Kelsey Auman, who graduated last spring, started the petition after she fought to prove she did not use AI on several of her assignments. She knew enough classmates with similar experiences that they had a group chat named “Academic Felons for Life.” Auman said she started to run her papers through multiple AI detectors on her own before turning them in, hoping to avoid another dispute, but it created more anxiety when they also incorrectly flagged things she wrote as generated by a chatbot.

“So it’s like, how far do you want to go down the rabbit hole? I’m making myself crazy,” she said.

"We keep turning on what the academic institutions need to do to fix problems that they didn’t create."

Tricia Bertram Gallant, director of academic integrity at UC San Diego

The University at Buffalo said it does not have an institutionwide rule on AI use, but instructors must have evidence beyond a detector score to report a student for academic dishonesty.

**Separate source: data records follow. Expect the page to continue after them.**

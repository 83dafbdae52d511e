//! Whether a node is up to date, found in one walk over its files and its recipe, without a list of either.
ghost use Rattle.std.specs.Prelude.{◌≡◌, ◌<◌, ◌∷◌, [], true, false, length, Some, IfOk};
ghost use Rattle.std.specs.Bool.{OnTrue};
ghost use Rattle.mk_names.specs.Names.{name_at};
ghost use Rattle.mk_seen.specs.TextNames.{HasTextNames};
ghost use Rattle.mk_plan.specs.Parts.{recipe_line};
ghost use Rattle.mk_plan.specs.Passage.{finished};
ghost use Rattle.mk_plan.specs.Passing.{Passes};

use crate::kept::is_kept_so;
use crate::parts::is_part;
use mk_nodes::Graph;
use mk_rule_lines::RuleLine;
use mk_seen::{entry_of, gives_no_reason};
use std::alloc::{AllocError, Global};

/// Whether a node is found to be up to date whose recipe this line has, or begins, where the marks are those of the nodes that were
/// remade before it. The answer no says nothing: a fault of its recipe is told, and a reason, where its lines are made.
pub fn is_finished(
    alloc: Global,
    keeping: bool,
    texts: bool,
    graph: &Graph,
    marks: &[bool],
    node: usize,
    line: &RuleLine,
) -> Result<bool, AllocError>
    requires node { node < length graph.now.nodes.items }
    requires texts { texts ≡ true → HasTextNames graph.now }
    requires line { recipe_line graph.now node ≡ Some line.now }
    ensures { IfOk result (λ so. OnTrue so (Passes keeping graph.now marks.now node false (finished (name_at graph.now.names node) ∷ []))) }
{
    let Some(entry) = entry_of(graph, node) else {
        return Ok(false);
    };
    if is_part(graph, line) || !gives_no_reason(keeping, texts, graph, marks, node, entry) {
        return Ok(false);
    }
    is_kept_so(alloc, graph, marks, node, line, &entry.commands())
}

Tricia Bertram Gallant, director of the academic integrity office at UC San Diego, advises faculty to realize how herculean of a task it is to ensure students don’t use AI if they aren’t completing the work in front of them.

“If it’s an unsupervised assessment, don’t bother trying to ban AI,” she said. “And don’t bother trying to prove AI was used because you end up spending more time doing that.”

But Bertram Gallant, who is also president emeritus of the International Center for Academic Integrity, wishes more people would put pressure on the government to regulate AI and the academic cheating industry, and on tech companies to make it harder for students to use their products to cheat.

“We keep turning on what the academic institutions need to do to fix problems that they didn’t create,” she said.